------ DATA SUPPLIED
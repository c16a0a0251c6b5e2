//! Reading one line of a declaration: what it declares, or its first fault.
ghost use Rattle.std.specs.Prelude.{◌≡◌, ◌≤◌, true, false, not, length, IfOk, IfErr, OnOk, OnErr};
ghost use Rattle.pw_decl.specs.Declaration.{SoFar, User, Premise, PremiseOf, Cell};
ghost use Rattle.std.specs.List.{list_all};
ghost use Rattle.pw_info.specs.Words.{is_idle, is_allowed};
ghost use Rattle.pw_decl.specs.Faults.{Declares};
ghost use Rattle.pw_decl.specs.Limits.{most_line_bytes};
ghost use Rattle.pw_decl.specs.inside.Fields.{declared};
ghost use Rattle.pw_decl.specs.inside.Opened.{IsOpen, IsWellPlaced};
ghost use Rattle.pw_decl.specs.inside.Fields.{outside, inside, placed};
ghost use Rattle.pw_decl.specs.inside.Forms.{inner_in, outer_in};
ghost use Rattle.pw_decl.specs.inside.SentenceFaults.{DeclaresSentence, HasGoodParts, IsToldOf};
ghost use Rattle.pw_decl.specs.inside.SentenceFaults.{IsToldOfLine};

use crate::compound::{OpenCompound, Place};
use crate::compound_line::{begin_compound, declare_call, declare_local, end_compound};
use crate::decl_fault::DeclFaultKind;
use crate::declaration::Declaration;
use crate::sentence::{InnerSentence, OuterSentence, read_header, read_inner, read_outer};
use crate::set_line::declare_set;
use pw_info::{allows_all, idles};
use std::alloc::Allocator;

const MOST_LINE_BYTES: usize = 4096;

const MOST_USERS: u8 = 64;

const MOST_CELLS: u32 = 1024;

// Declares a user of this name.
fn declare_user<A: Allocator + Copy>(
    declaration: &mut Declaration<'_, A>,
    name: &str,
) -> Result<(), DeclFaultKind>
    ensures ok { OnOk result (DeclaresSentence (outside declaration.old) (User name.now)
        (outside declaration.new)) }
    ensures err { IfErr result (IsToldOf (outside declaration.old) (User name.now)) }
    ensures unchanged { OnErr result ((declared declaration.new) ≡
        (declared declaration.old)) }
{
    if declaration.user(name.as_bytes()).is_some() {
        return Err(DeclFaultKind::DuplicateName);
    }
    if declaration.users() >= MOST_USERS {
        return Err(DeclFaultKind::Limit);
    }
    match declaration.add_user(name) {
        Ok(()) => Ok(()),
        Err(_) => Err(DeclFaultKind::Memory),
    }
}

// Declares a premise of this name, which belongs to no user.
fn declare_premise<A: Allocator + Copy>(
    declaration: &mut Declaration<'_, A>,
    name: &str,
) -> Result<(), DeclFaultKind>
    ensures ok { OnOk result (DeclaresSentence (outside declaration.old) (Premise name.now)
        (outside declaration.new)) }
    ensures err { IfErr result (IsToldOf (outside declaration.old) (Premise name.now)) }
    ensures unchanged { OnErr result ((declared declaration.new) ≡
        (declared declaration.old)) }
{
    if declaration.premise(name.as_bytes()).is_some() {
        return Err(DeclFaultKind::DuplicateName);
    }
    if declaration.premises() >= declaration.version().most_premises() {
        return Err(DeclFaultKind::Limit);
    }
    match declaration.add_premise(name, None) {
        Ok(()) => Ok(()),
        Err(_) => Err(DeclFaultKind::Memory),
    }
}

// Declares a premise of this name that belongs to the user of that name.
fn declare_premise_of<A: Allocator + Copy>(
    declaration: &mut Declaration<'_, A>,
    name: &str,
    user: &[u8],
) -> Result<(), DeclFaultKind>
    ensures ok { OnOk result (DeclaresSentence (outside declaration.old)
        (PremiseOf name.now user.now) (outside declaration.new)) }
    ensures err { IfErr result (IsToldOf (outside declaration.old) (PremiseOf name.now user.now)) }
    ensures unchanged { OnErr result ((declared declaration.new) ≡
        (declared declaration.old)) }
{
    if declaration.premise(name.as_bytes()).is_some() {
        return Err(DeclFaultKind::DuplicateName);
    }
    let Some(owner) = declaration.user(user) else {
        return Err(DeclFaultKind::UnknownName);
    };
    if declaration.premises() >= declaration.version().most_premises() {
        return Err(DeclFaultKind::Limit);
    }
    match declaration.add_premise(name, Some(owner)) {
        Ok(()) => Ok(()),
        Err(_) => Err(DeclFaultKind::Memory),
    }
}

// Declares a cell of this name, and of the kind with that name.
fn declare_cell<A: Allocator + Copy>(
    declaration: &mut Declaration<'_, A>,
    name: &str,
    kind: &[u8],
) -> Result<(), DeclFaultKind>
    ensures ok { OnOk result (DeclaresSentence (outside declaration.old) (Cell name.now kind.now)
        (outside declaration.new)) }
    ensures err { IfErr result (IsToldOf (outside declaration.old) (Cell name.now kind.now)) }
    ensures unchanged { OnErr result ((declared declaration.new) ≡
        (declared declaration.old)) }
{
    if declaration.cell(name.as_bytes()).is_some() {
        return Err(DeclFaultKind::DuplicateName);
    }
    let Some(kind) = declaration.kind(kind) else {
        return Err(DeclFaultKind::UnknownName);
    };
    if declaration.cells() >= MOST_CELLS {
        return Err(DeclFaultKind::Limit);
    }
    match declaration.add_cell(name, kind) {
        Ok(()) => Ok(()),
        Err(_) => Err(DeclFaultKind::Memory),
    }
}

// Declares what a sentence outside a compound says, and answers the place of the next line.
fn declare_outside<A: Allocator + Copy>(
    alloc: A,
    declaration: &mut Declaration<'_, A>,
    sentence: OuterSentence<'_>,
) -> Result<Place<A>, DeclFaultKind>
    requires parts { HasGoodParts (outer_in sentence) }
    ensures ok { IfOk result (λ place. DeclaresSentence (outside declaration.old)
        (outer_in sentence.entry) (placed (declared declaration.new) place)) }
    ensures well { IfOk result (λ place. IsWellPlaced (declared declaration.new) place) }
    ensures err { IfErr result (IsToldOf (outside declaration.old) (outer_in sentence.entry)) }
{
    let done = match sentence {
        OuterSentence::User { name } => declare_user(declaration, name),
        OuterSentence::Premise { name } => declare_premise(declaration, name),
        OuterSentence::PremiseOf { name, user } => declare_premise_of(declaration, name, user),
        OuterSentence::Set { name, members } => declare_set(alloc, declaration, name, members),
        OuterSentence::Cell { name, kind } => declare_cell(declaration, name, kind),
        OuterSentence::Compound { name, parameters } => {
            return Ok(Place::Inside(begin_compound(alloc, declaration, name, parameters)?));
        }
    };
    done.and(Ok(Place::Outside))
}

// Declares what a sentence inside a compound says, and answers the place of the next line.
fn declare_inside<A: Allocator + Copy>(
    alloc: A,
    declaration: &mut Declaration<'_, A>,
    mut opened: OpenCompound<A>,
    sentence: InnerSentence<'_>,
) -> Result<Place<A>, DeclFaultKind>
    requires kept { IsOpen (declared declaration.old) opened }
    requires parts { HasGoodParts (inner_in sentence) }
    ensures ok { IfOk result (λ place. DeclaresSentence (inside declaration.old opened)
        (inner_in sentence.entry) (placed (declared declaration.new) place)) }
    ensures well { IfOk result (λ place. IsWellPlaced (declared declaration.new) place) }
    ensures err { IfErr result (IsToldOf (inside declaration.old opened)
        (inner_in sentence.entry)) }
{
    let done = match sentence {
        InnerSentence::Local { name, kind } => declare_local(declaration, &mut opened, name, kind),
        InnerSentence::Call {
            callable,
            arguments,
        } => declare_call(declaration, &mut opened, callable, arguments),
        InnerSentence::End => {
            return match end_compound(alloc, declaration, opened) {
                Ok(()) => Ok(Place::Outside),
                Err(_) => Err(DeclFaultKind::Memory),
            };
        }
    };
    done.and(Ok(Place::Inside(opened)))
}

// Declares what a line says that is not idle, and answers the place of the next line.
fn declare_line<A: Allocator + Copy>(
    alloc: A,
    declaration: &mut Declaration<'_, A>,
    place: Place<A>,
    line: &[u8],
) -> Result<Place<A>, DeclFaultKind>
    requires kept { IsWellPlaced (declared declaration.old) place }
    requires spoken { is_idle line.now ≡ false }
    requires allowed { list_all is_allowed line.now ≡ true }
    requires short { length line.now ≤ most_line_bytes }
    ensures ok { IfOk result (λ next. Declares (placed (declared declaration.old) place) line.now
        (placed (declared declaration.new) next)) }
    ensures kept { IfOk result (λ next. IsWellPlaced (declared declaration.new) next) }
    ensures err { IfErr result (IsToldOfLine (placed (declared declaration.old) place) line.now) }
{
    match place {
        Place::BeforeHeader => {
            let Some(version) = read_header(line) else {
                return Err(DeclFaultKind::Syntax);
            };
            declaration.set_version(version);
            Ok(Place::Outside)
        }
        Place::Outside => {
            let Some(sentence) = read_outer(line) else {
                return Err(DeclFaultKind::Syntax);
            };
            declare_outside(alloc, declaration, sentence)
        }
        Place::Inside(opened) => {
            let Some(sentence) = read_inner(line) else {
                return Err(DeclFaultKind::Syntax);
            };
            declare_inside(alloc, declaration, opened, sentence)
        }
    }
}

// Whether the line says something. Fails if it is too long, or if a byte of it is not allowed.
fn speaks(line: &[u8]) -> Result<bool, DeclFaultKind>
    ensures ok { IfOk result (λ speaks. is_idle line.now ≡ not speaks) }
    ensures allowed { IfOk result (λ speaks. speaks ≡ true → list_all is_allowed line.now ≡ true) }
    ensures short { OnOk result (length line.now ≤ most_line_bytes) }
    ensures err { (so_far : SoFar) → IfErr result (IsToldOfLine so_far line.now) }
{
    if line.len() > MOST_LINE_BYTES {
        return Err(DeclFaultKind::Limit);
    }
    if idles(line) {
        return Ok(false);
    }
    if !allows_all(line) {
        return Err(DeclFaultKind::Syntax);
    }
    Ok(true)
}

/// Reads one line of a declaration, adds what it declares, and answers the place of the next line.
///
/// An error is the first fault of the line, or out of memory.
pub(crate) fn read_declaration_line<A: Allocator + Copy>(
    alloc: A,
    declaration: &mut Declaration<'_, A>,
    place: Place<A>,
    line: &[u8],
) -> Result<Place<A>, DeclFaultKind>
    requires kept { IsWellPlaced (declared declaration.old) place }
    ensures ok { IfOk result (λ next. Declares (placed (declared declaration.old) place) line.now
        (placed (declared declaration.new) next)) }
    ensures kept { IfOk result (λ next. IsWellPlaced (declared declaration.new) next) }
    ensures err { IfErr result (IsToldOfLine (placed (declared declaration.old) place) line.now) }
{
    match speaks(line) {
        Ok(true) => declare_line(alloc, declaration, place, line),
        Ok(false) => Ok(place),
        Err(why) => Err(why),
    }
}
------------
WHAT IS NEEDED:
Check each line of the records above for the word "length" and report how many lines have it, as a number only.

OUTPUT FOR THIS EXERCISE:
3